Running `hw8_1.py` now should output something for steps 1,2 and 3.
Submit the filled-in version of `hw8_1.py`
## 2) Homework Problem 2: TF-IDF
For this problem, we will compute the tf-idf scores for all the terms in each document in the `lecs/` folder.
Fill in the missing functions in `hw8_2.py`, according to their specifications. You may find the lecture notes linked above helpful for thinking about the format of the doc-word matrix, and the notebook linked above helpful for thinking about how to construct a doc-word matrix.
Note that even after installing nltk and importing it, you may need to add the following below your nltk import statement:
```
nltk.download('punkt')
nltk.download('stopwords')
nltk.download('wordnet')
```
While we will test you using our own tests, at the end of `hw8_2.py` are some good test cases to check your code as you go.
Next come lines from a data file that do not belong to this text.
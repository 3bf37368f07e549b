// Stacks: earlier states of a sweep are kept, so that others can be made again. stack.rt says which, and makes
// them; doors.rt judges what is handed in. The crate knows no plate: its contracts speak of any numbers that
// obey the recursion.
#![tactic(auto)]

mod doors;
mod stack;
mod taken;

pub use doors::{at_once, fetch, top_of};
pub use stack::{Stack, last_mark, places_in};
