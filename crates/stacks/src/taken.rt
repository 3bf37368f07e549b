// The door of states, called where it is known that it is taken. By hand here and in sweeps: what is asked
// for that is a `requires`, which no public function has, so no crate below could lend it to both.
ghost use Rattle.std.specs.Prelude.{◌≡◌, ◌⊎◌, ◌+◌, ◌≤◌, ◌<◌, length};
ghost use Rattle.plans.specs.Plans.{state_size, keys_size, half_with};
ghost use Rattle.states.specs.States.{Advanced, further_in};

use plans::Followed;
use states::Stretch;

// States from the one before at `from`, the last of them at `to`.
pub(crate) fn advance(
    work: &mut [u16],
    held: &mut [u16],
    followed: Followed,
    states: Stretch,
    from: usize,
    to: usize,
)
    requires first_lt_past { (states.first < states.past) × (states.past ≤ 65536) × (keys_size followed.plan ≤ from) × (keys_size followed.plan ≤ to) × (from + state_size followed.plan ≤ length work.old) × (to + state_size followed.plan ≤ length work.old) }
    requires fact { (from ≡ to) ⊎ ((from + state_size followed.plan ≤ to) ⊎ (to + state_size followed.plan ≤ from)) }
    requires states_in_bounds { (half_with followed.plan (further_in states) + half_with followed.plan (further_in states) ≤ length held.old) × (length held.old ≤ 40000) }
    ensures advanced { Advanced followed.plan states.first states.past work.old work.new from to }
    ensures held_len_unchanged { length held.new ≡ length held.old }
{
    states::advance(work, held, followed.plan, states, from, to);
}
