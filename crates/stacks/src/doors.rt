// The doors of the stack: what is handed in is judged first. Where the plan can be followed and what is lent
// has room, states are made; else nothing is done. A refusal is told by a value and no `Option`, the stack as
// it came, 0 or 1: so `fetches`, `top_of` and `at_once` of specs/ say it to the crates above.
ghost use Rattle.std.specs.Prelude.{◌≡◌, ◌+◌, ◌-◌, ◌≤◌, length};
ghost use Rattle.basics.specs.Cases.{EitherBy};
ghost use Rattle.plans.specs.Plans.{half_with};
ghost use Rattle.states.specs.Doors.{can_hold};
ghost use Rattle.stacks.specs.Stacks.{Fetched};
ghost use Rattle.stacks.specs.Doors.{stack_fits, fetches, top_of, at_once};

use crate::stack;
use crate::stack::Stack;
use plans::{Followed, Plan};

// Whether the stack stands behind the keys, and its places find room in work and in marks.
#[tactic(auto, unfolding(plans::specs::Forms::among, crate::specs::Doors::stack_fits))]
fn stack_fits(followed: Followed, stack: Stack, work: usize, marks: usize) -> bool
    ensures { result ≡ stack_fits followed.plan stack work marks }
{
    followed.keys_size() <= stack.base
        && stack.base < 16777216
        && (1..=64).contains(&stack.places)
        && stack.depth <= stack.places
        && stack::place_of(followed, stack.base, stack.places) <= work
        && stack.places <= marks
}

// A stack with which so many states are made as are wanted, or up to `spare` fewer; an empty one where none
// are. Where something does not fit, the stack as it came.
#[tactic(auto, using(states::proofs::DoorTests::hold_facts, crate::proofs::DoorTests::stack_facts), unfolding(crate::specs::Doors::fetches))]
pub fn fetch(
    work: &mut [u16],
    marks: &mut [usize],
    held: &mut [u16],
    plan: Plan,
    stack: Stack,
    want: usize,
    spare: usize,
) -> Stack
    ensures either { EitherBy (fetches plan stack want spare (length work.old) (length marks.old) (length held.old)) (((result.base ≡ stack.base) × (result.places ≡ stack.places) × (result.depth ≤ stack.places)) × Fetched plan stack result.depth want spare work.old marks.old work.new marks.new) ((result ≡ stack) × (work.new ≡ work.old) × (marks.new ≡ marks.old)) }
    ensures held_len_unchanged { length held.new ≡ length held.old }
{
    if !states::can_hold(plan, held.len()) {
        return stack;
    }
    let followed = Followed { plan };
    if stack_fits(followed, stack, work.len(), marks.len()) && want <= 1024 && spare <= 1024 {
        stack::fetch(work, marks, held, followed, stack, want, spare)
    } else {
        stack
    }
}

// Where the last state of a stack begins; where the stack does, if it is empty; 0 where it is none.
#[tactic(auto, unfolding(crate::specs::Doors::has_top, crate::specs::Doors::top_of))]
pub fn top_of(plan: Plan, stack: Stack) -> usize
    ensures { result ≡ top_of plan stack }
{
    match Followed::new(plan) {
        Some(followed) if stack.depth <= 64 && stack.base < 16777216 => {
            stack::top_of(followed, stack)
        }
        _ => 0,
    }
}

// How many states are made at once with so many held numbers, up to six; one, where the plan cannot be
// followed with them.
#[tactic(auto, using(states::proofs::DoorTests::hold_facts), unfolding(crate::specs::Doors::at_once))]
pub fn at_once(plan: Plan, held: usize) -> usize
    ensures value { result ≡ at_once plan held }
    ensures lower_bound { (1 ≤ result) × (result ≤ 6) }
    ensures either { EitherBy (can_hold plan held) (half_with plan (result - 1) + half_with plan (result - 1) ≤ held) (result ≡ 1) }
{
    if states::can_hold(plan, held) {
        stack::at_once(Followed { plan }, held)
    } else {
        1
    }
}
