//! A finite map as contracts see it, which computes on literals: definitions and laws, no code.
#![tactic(auto)]
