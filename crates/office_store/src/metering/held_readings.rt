//! Streams rejected readings to a `RowSink`, a visitor that receives them one by one.
ghost use Rattle.std.specs.Prelude.{◌≡◌, false, IsUtf8};
ghost use Rattle.office_books.specs.Holds.{holds_of, holds_within};
ghost use Rattle.office_store.specs.Holds.{IsSoundReading};
ghost use Rattle.office_store.specs.Metering.Looking.{HandsOn};
ghost use Rattle.office_store.specs.Metering.Sound.{HasReadableHolds};

use crate::metering::streams::bound;
use crate::{rejected_rows as tables, text};
use office_books::{RowSink, Span};
use office_events::{HeldReading, Name};
use sqlite::{Alter, Connection};
use store_tables::{RowFault, check_open};

/// Passes the rejected readings of a meter with timestamps in `span` to `sink` one by one, in the
/// order in which they were recorded. Keeps no row in memory.
pub fn holds<S: Alter, K: RowSink<HeldReading>>(
    conn: &mut Connection<S>,
    meter: &Name,
    span: Span,
    sink: &mut K,
) -> Result<(), RowFault>
    requires { conn.old.in_transaction ≡ false }
    ensures { HandsOn S.Store conn.old conn.new K.takes sink.old sink.new result
        IsSoundReading (λ facts. holds_within span (holds_of facts meter.now))
        (λ facts. IsUtf8 meter.now × HasReadableHolds facts) }
{
    let named = text(meter)?;
    check_open(conn)?;
    match span {
        Span::All => tables::meter_holds(conn, meter, named, sink),
        Span::Between { from, till } => {
            tables::meter_holds_between(conn, meter, named, bound(from), bound(till), sink)
        }
    }
}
Feel free to uncomment and recomment them where convenient for you as you write the different functions. The output to those should be:
```
*** Testing read_and_clean_doc ***
['let', "'s", 'look', 'wifi', "'s"]
*** Testing build_doc_word_matrix ***
(2, 429)
429
[2. 9. 2. 1. 1. 1. 3. 2. 1. 4.]
["'re", "'s", "'ve", '.11', '1', '1.2', '100', '11', '1997', '1999']
[ 6. 11. 0. 0. 0. 0. 0. 0. 0. 0.]
*** Testing build_tf_matrix ***
[0.00305344 0.01374046 0.00305344 0.00152672 0.00152672 0.00152672
0.00458015 0.00305344 0.00152672 0.00610687]
[0.01438849 0.0263789 0. 0. 0. 0.
0. 0. 0. 0. ]
[1. 1.]
*** Testing build_idf_matrix ***
[0. 0. 0.30103 0.30103 0.30103 0.30103 0.30103 0.30103 0.30103
0.30103]
*** Testing build_tfidf_matrix ***
(2, 429)
[0. 0. 0.00091918 0.00045959 0.00045959 0.00045959
0.00137876 0.00091918 0.00045959 0.00183835]
[0. 0. 0. 0. 0. 0. 0. 0. 0. 0.]
*** Testing find_distinctive_words ***
{'lecs/1_vidText.txt': ['second', 'per', 'megabit'], 'lecs/2_vidText.txt': ['point', 'router', 'set']}
```
Submit your filled in version of `hw8_2.py`
# What you need to submit
Each of the homework problems specify what file(s) to generate and submit for
that problem.
# Submitting your code
Push your completed `hw8_1.py` and `hw8_2.py` to your repository before the deadline.